Vom Versuch einen Südtiroler Topfenstrudel zu backen…

Manchmal wird man ja übermütig, manchmal hat frau auch keine Lust die eigentliche Tagesaufgabe zu erledigen (heute: die Ausarbeitung für die Weiterbildung zu schreiben), manchmal verschafft mir das Backen die Ruhe, die mein Kopf braucht… aber manchmal geht so eine Schnellschußaktion auch daneben.

Strudel wollte ich schon immer mal backen, unzählig verzehrte  Apfel- und Topfenstrudel  in den Südtiroler Hütten flüsterten mir zu: „so schwer sind wir gar nicht“ und weil mein Herz, äh Bäuchlein, sich nicht entscheiden konnte, ob lieber Apfel  oder doch Topfen, sollte es beide geben. Das Rezept  für den Teig und die Apfelfüllung habe ich aus dem Prospekt des Vinschgauer Bauernladens entnommen. Die üblichen Strudelteigrezept nehmen ja eher eine Art Blätterteig für die Ummantelung der Füllung, ich wollte aber einen Mürbeteig.

In meinem Übermut habe ich einfach ein Käsekuchenrezept für die Füllung des zweiten Topfenstrudels genommen(also je 100 g. Butter und Zucker, 3 Eigelb schaumig verrührt – inkl. Saft und Schale einer Zitrone – und die Eiweiß steif geschlagen untergehoben). Naja, irgendwas ist da falsch gelaufen: Bereits nach 10 Minuten im Ofen sah der Topfenstrudel nicht mehr wie Strudel, sondern vielmehr wie ein Fladen aus…

Hier trotzdem das Rezept für den Apfelstrudel:

Zutaten für 2 Strudel:
Für den Teig
250 g Mehl
250 g Topfen
200 g zimmerwarme Butter
50 g Zucker
1 Prise Salz
1 Päckchen Vanillezucker
½ Päckchen Backpulver

Alle Zutaten für den Teig gut verkneten. Der Teig ist ziemlich klebrig.
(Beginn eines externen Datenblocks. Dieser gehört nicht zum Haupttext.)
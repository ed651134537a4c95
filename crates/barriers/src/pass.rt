//! The record of a pass.

ghost use Rattle.std.specs.Prelude.{◌≡◌};

use crate::front::Front;
use crate::new_object::NewMachine;
use crate::room::Room;
use crate::watched::Watched;
use call_steps::{CallMachine, Machine, Step};
use handshakes::{PassView, PollMachine, RetireMachine};
use heap_words::{FieldWord, REGISTERS};

/// The machine that a pass is in, where reads, writes and exchanges are done by these machines. One that
/// has ended stands there until its end is taken in.
#[derive(Clone, Copy, Debug, PartialEq, Eq)]
pub enum PassMachine<R, W, E> {
    /// It is in none, between two of them.
    Idle,
    Poll(PollMachine),
    New(NewMachine),
    Read(R),
    Write(W),
    Exchange(E),
    Retire(RetireMachine),
    /// It has retired, and is in none any more.
    Retired,
}

/// What a pass is and knows, where reads, writes and exchanges are done by these machines.
#[derive(Clone, Copy, Debug, PartialEq, Eq)]
pub struct PassRecord<R, W, E> {
    /// Its number, the phase word that it acknowledged last, and its mark.
    pub view: PassView,
    /// The registers `a` to `h`.
    pub registers: [FieldWord; REGISTERS],
    pub machine: PassMachine<R, W, E>,
    /// Where it makes objects.
    pub room: Room,
    /// How many objects it has made.
    pub made: u32,
    /// How many changes of the history it has seen.
    pub seen: u32,
}

impl<R: Machine, W: Machine, E: Machine> Machine for PassMachine<R, W, E> {
    ghost use Rattle.barriers.specs.PassMachines.{asks_of, fed_of, blind_of};

    ghost asks = { asks_of R.asks W.asks E.asks };

    ghost fed = { fed_of R.fed W.fed E.fed };

    ghost blind = { blind_of R.asks W.asks E.asks R.fed W.fed E.fed R.blind W.blind E.blind };

    fn ask(&self) -> Step {
        match self {
            PassMachine::Poll(machine) => machine.ask(),
            PassMachine::New(machine) => machine.ask(),
            PassMachine::Read(machine) => machine.ask(),
            PassMachine::Write(machine) => machine.ask(),
            PassMachine::Exchange(machine) => machine.ask(),
            PassMachine::Retire(machine) => machine.ask(),
            PassMachine::Idle | PassMachine::Retired => Step::Ended,
        }
    }

    fn feed(&mut self, found: u64) {
        match self {
            PassMachine::Poll(machine) => machine.feed(found),
            PassMachine::New(machine) => machine.feed(found),
            PassMachine::Read(machine) => machine.feed(found),
            PassMachine::Write(machine) => machine.feed(found),
            PassMachine::Exchange(machine) => machine.feed(found),
            PassMachine::Retire(machine) => machine.feed(found),
            PassMachine::Idle | PassMachine::Retired => {}
        }
    }
}

impl<R: CallMachine, W: CallMachine, E: CallMachine> CallMachine for PassMachine<R, W, E> {
    ghost use Rattle.barriers.specs.PassMachines.{left_of, none_left_of, some_left_of, falls_of};

    ghost steps_left = { left_of R.steps_left W.steps_left E.steps_left };

    ghost none_left = { none_left_of R.asks W.asks E.asks R.steps_left W.steps_left E.steps_left R.none_left W.none_left E.none_left };

    ghost some_left = { some_left_of R.asks W.asks E.asks R.steps_left W.steps_left E.steps_left R.some_left W.some_left E.some_left };

    ghost falls = { falls_of R.asks W.asks E.asks R.fed W.fed E.fed R.steps_left W.steps_left E.steps_left R.falls W.falls E.falls };

    fn left(&self) -> u32 {
        match self {
            PassMachine::Poll(machine) => machine.left(),
            PassMachine::New(machine) => machine.left(),
            PassMachine::Read(machine) => machine.left(),
            PassMachine::Write(machine) => machine.left(),
            PassMachine::Exchange(machine) => machine.left(),
            PassMachine::Retire(machine) => machine.left(),
            PassMachine::Idle | PassMachine::Retired => 0,
        }
    }
}

impl<R: Watched, W: Watched, E: Watched> Watched for PassMachine<R, W, E> {
    ghost use Rattle.barriers.specs.PassMachines.{front_of};

    ghost front = { front_of R.front W.front E.front };

    fn front(&self, found: u64) -> Front {
        match self {
            PassMachine::Read(machine) => machine.front(found),
            PassMachine::Write(machine) => machine.front(found),
            PassMachine::Exchange(machine) => machine.front(found),
            PassMachine::Idle
            | PassMachine::Poll(_)
            | PassMachine::New(_)
            | PassMachine::Retire(_)
            | PassMachine::Retired => Front::Stays,
        }
    }
}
Ihr könnt zwar zunächst Rührbesen nehmen, aber wenn der Teig fester wird, eignen sich Knethaken besser. Vom Handeinsatz würde ich abraten (siehe Klebrigkeit). Den Teig ruhen lassen und solange

1 kg Äpfel schälen und in große Würfel schneiden (lieber recht groß, sonst besteht die Füller nach 45 Minuten aus Mus). Mit 100 g Zucker, dem Saft einer Zitrone, 1 Teelöffel Zimt, 2-3 Eßlöffeln Rum (huch habe ich vergessen) und 100 g. Semmelbrösel vermengen und etwas ziehen lassen.
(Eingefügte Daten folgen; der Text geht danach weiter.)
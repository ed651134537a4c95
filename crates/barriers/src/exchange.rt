//! An exchange of a field.

ghost use Rattle.std.specs.Prelude.{◌≡◌, ◌<◌, ◌≤◌, ◌^◌, ◌↔◌, IsSome};
ghost use Rattle.call_steps.specs.declared.step.Step.TheVariants.{Ended as StepEnded};
ghost use Rattle.call_steps.specs.Ending.{EndsOnlyFor};
ghost use Rattle.heap_words.specs.FieldWords.{field_of};
ghost use Rattle.heap_words.specs.declared.limits.TheConstants.{ADDRESS_LIMIT};
ghost use Rattle.handshakes.specs.PhaseWords.{phase_word_of, phase_word_at};
ghost use Rattle.barriers.specs.declared.exchange.ExchangeMachine.TheVariants.{Header};
ghost use Rattle.barriers.specs.Exchanges.{asks_of, fed_of, end_of, errand_of, by_len, exchanged as exchanged_by, with_follow as with_follow_of};
ghost use Rattle.barriers.specs.Causes.{ExchangeEndsFor};

use crate::ends::{ExchangeEnd, TryRefusal};
use crate::front::Front;
use crate::packed::len_in;
use crate::plain_exchange::PlainExchange;
use crate::spot::Spot;
use crate::watched::Watched;
use call_steps::{CallMachine, Machine, Step};
use handshakes::{FollowMachine, PassView, Phase};
use heap_words::{FieldWord, Layout};

/// What an exchange is to do: the field is to hold `word`, if it has the value of `expected`.
#[derive(Clone, Copy, Debug, PartialEq, Eq)]
pub struct Errand {
    pub spot: Spot,
    pub expected: FieldWord,
    /// The packed word of a number or a link.
    pub word: u64,
}

/// Loads the header, and then exchanges the field's word for the new one where it has the expected value.
/// Where it has another value, follows what was found as the phase asks that the pass has acknowledged. At
/// most 5 steps, and at most 4 to follow.
///
/// The object is taken to be at rest, where its link says: its header is `Plain` or `Kept`. Any other
/// state is treated as these are.
#[derive(Clone, Copy, Debug, PartialEq, Eq)]
pub enum ExchangeMachine {
    /// Loads the header.
    Header {
        errand: Errand,
        phase: Phase,
    },
    /// Exchanges the field's word. It has ended where this exchange has.
    Field {
        errand: Errand,
        phase: Phase,
        exchange: PlainExchange,
    },
    /// Follows what was found in place of the expected value. It has ended where this has.
    Follow {
        errand: Errand,
        machine: FollowMachine,
    },
    Ended {
        errand: Errand,
        end: ExchangeEnd,
    },
}

/// The steps that a follow takes at most.
const MOST_TO_FOLLOW: u32 = 4;

// The steps left where the exchange of the word has this many left.
fn with_follow(left: u32) -> u32
    requires { left ≤ 4 }
    ensures value { result ≡ with_follow_of left }
    ensures few { result ≤ 8 }
{
    if left == 0 {
        return 0;
    }
    left + MOST_TO_FOLLOW
}

// With the header's len at hand.
fn begun(errand: Errand, phase: Phase, len: u32) -> ExchangeMachine
    ensures { result ≡ by_len errand phase len }
{
    let Errand {
        spot,
        expected,
        word,
    } = errand;
    if spot.field < len {
        ExchangeMachine::Field {
            errand,
            phase,
            exchange: PlainExchange::new(spot.place, expected, word),
        }
    } else {
        ExchangeMachine::Ended {
            errand,
            end: ExchangeEnd::Refused(TryRefusal::NoField { len }),
        }
    }
}

// With the exchange of the word as it stands: what differs is followed.
fn exchanged(errand: Errand, phase: Phase, exchange: PlainExchange) -> ExchangeMachine
    ensures { result ≡ exchanged_by errand phase exchange }
{
    match exchange {
        PlainExchange::Load(_) | PlainExchange::Try { .. } => ExchangeMachine::Field {
            errand,
            phase,
            exchange,
        },
        PlainExchange::Ended(ExchangeEnd::Differs(word)) => ExchangeMachine::Follow {
            errand,
            machine: FollowMachine::in_phase(phase, word),
        },
        PlainExchange::Ended(end) => ExchangeMachine::Ended { errand, end },
    }
}

impl ExchangeMachine {
    /// The exchange of a field of the object `birth`, which stands at `at`, by this pass. The field number
    /// may be any; the word is to be the packed word of a number or a link.
    pub fn new(
        _layout: &Layout,
        view: PassView,
        birth: u32,
        at: u32,
        field: u32,
        expected: FieldWord,
        word: u64,
    ) -> ExchangeMachine
        requires near { at < ADDRESS_LIMIT }
        requires acked { IsSome (phase_word_of view.acked) }
        requires packed { word < 2 ^ 62 }
        requires value { IsSome (field_of word) }
        ensures machine { result ≡ Header (errand_of birth at field expected word) (phase_word_at view.acked).phase }

        // Whatever others do: it is refused for want of the field only where its first step loaded a header
        // whose len, which the end tells, is not above the field. What differs is what a load of the field,
        // or an exchange there that wanted another word, found, and has another value than the expected one;
        // that was the last step, or, under Fix, the one before it, which found a link: then what differs is
        // this link, going where the header at its address, which the last step loaded, says that the object
        // is now. Any other end has the cause of the plain exchange of the field's word, which begins at the
        // second step.
        ensures cause { EndsOnlyFor asks_of fed_of end_of
            (ExchangeEndsFor (errand_of birth at field expected word) (phase_word_at view.acked).phase) result }
    {
        let errand = Errand {
            spot: Spot::new(birth, at, field),
            expected,
            word,
        };
        ExchangeMachine::Header {
            errand,
            phase: view.phase(),
        }
    }

    /// What the exchange ended with, and `None` before its end.
    pub fn end(&self) -> Option<ExchangeEnd>
        ensures value { result ≡ end_of self.now }
        ensures ended { IsSome result ↔ (asks_of self.now ≡ StepEnded) }
    {
        match *self {
            ExchangeMachine::Header { .. } => None,
            ExchangeMachine::Field { exchange, .. } => exchange.end(),
            ExchangeMachine::Follow { machine, .. } => {
                Some(ExchangeEnd::Differs(machine.end()?.word))
            }
            ExchangeMachine::Ended { end, .. } => Some(end),
        }
    }
}

impl Machine for ExchangeMachine {
    ghost use Rattle.barriers.specs.Exchanges.{asks_of, fed_of, blind_of};

    ghost asks = { asks_of };

    ghost fed = { fed_of };

    ghost blind = { blind_of };

    fn ask(&self) -> Step {
        match *self {
            ExchangeMachine::Header { errand, .. } => Step::Load { at: errand.spot.at },
            ExchangeMachine::Field { exchange, .. } => exchange.ask(),
            ExchangeMachine::Follow { machine, .. } => machine.ask(),
            ExchangeMachine::Ended { .. } => Step::Ended,
        }
    }

    fn feed(&mut self, found: u64) {
        *self = match *self {
            ExchangeMachine::Header { errand, phase } => begun(errand, phase, len_in(found)),
            ExchangeMachine::Field {
                errand,
                phase,
                mut exchange,
            } => {
                exchange.feed(found);
                exchanged(errand, phase, exchange)
            }
            ExchangeMachine::Follow {
                errand,
                mut machine,
            } => {
                machine.feed(found);
                ExchangeMachine::Follow { errand, machine }
            }
            ExchangeMachine::Ended { errand, end } => ExchangeMachine::Ended { errand, end },
        };
    }
}

impl CallMachine for ExchangeMachine {
    ghost use Rattle.barriers.specs.Exchanges.{left_of, none_left_of, some_left_of, falls_of};

    ghost steps_left = { left_of };

    ghost none_left = { none_left_of };

    ghost some_left = { some_left_of };

    ghost falls = { falls_of };

    fn left(&self) -> u32
        ensures bound { result ≡ left_of self.now }
        ensures few { result ≤ 9 }
    {
        match self {
            ExchangeMachine::Header { .. } => 9,
            ExchangeMachine::Field { exchange, .. } => with_follow(exchange.left()),
            ExchangeMachine::Follow { machine, .. } => machine.left(),
            ExchangeMachine::Ended { .. } => 0,
        }
    }
}

impl Watched for ExchangeMachine {
    ghost use Rattle.barriers.specs.Exchanges as exchanges;

    ghost front = { exchanges.front };

    fn front(&self, found: u64) -> Front {
        match self {
            ExchangeMachine::Field { exchange, .. } => exchange.front(found),
            _ => Front::Stays,
        }
    }
}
Diese Zeit kann man nutzen, um eine Hälfte des Teiges auf einem gut bemehlten Geschirrtuch nicht zu dünn (ca. 5 mm) auszurollen.
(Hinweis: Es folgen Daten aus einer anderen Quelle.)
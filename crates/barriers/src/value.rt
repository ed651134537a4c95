//! The value of a field's word.

ghost use Rattle.std.specs.Prelude.{◌≡◌};
ghost use Rattle.barriers.specs.Values.{value_of as value_of_word};

use heap_history::Value;
use heap_words::FieldWord;

/// The value of a field's word: no address is part of it.
pub fn value_of(word: FieldWord) -> Value
    ensures { result ≡ value_of_word word }
{
    match word {
        FieldWord::Num(n) => Value::Num(n),
        FieldWord::Link { birth, .. } => Value::Object(birth),
    }
}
Die Hälfte der Apfelmasse mittig darauf verteilen, die Ränder rechts und links umschlagen, dann den Teig einrollen. Mit der anderen Hälfte des Teiges ebenso verfahren

Mist, das mit dem Eigelb bepinseln, bevor man die beiden Strudel für 45 Minuten bei  175° Grad in den Ofen schiebt, habe ich ebenfalls vergessen.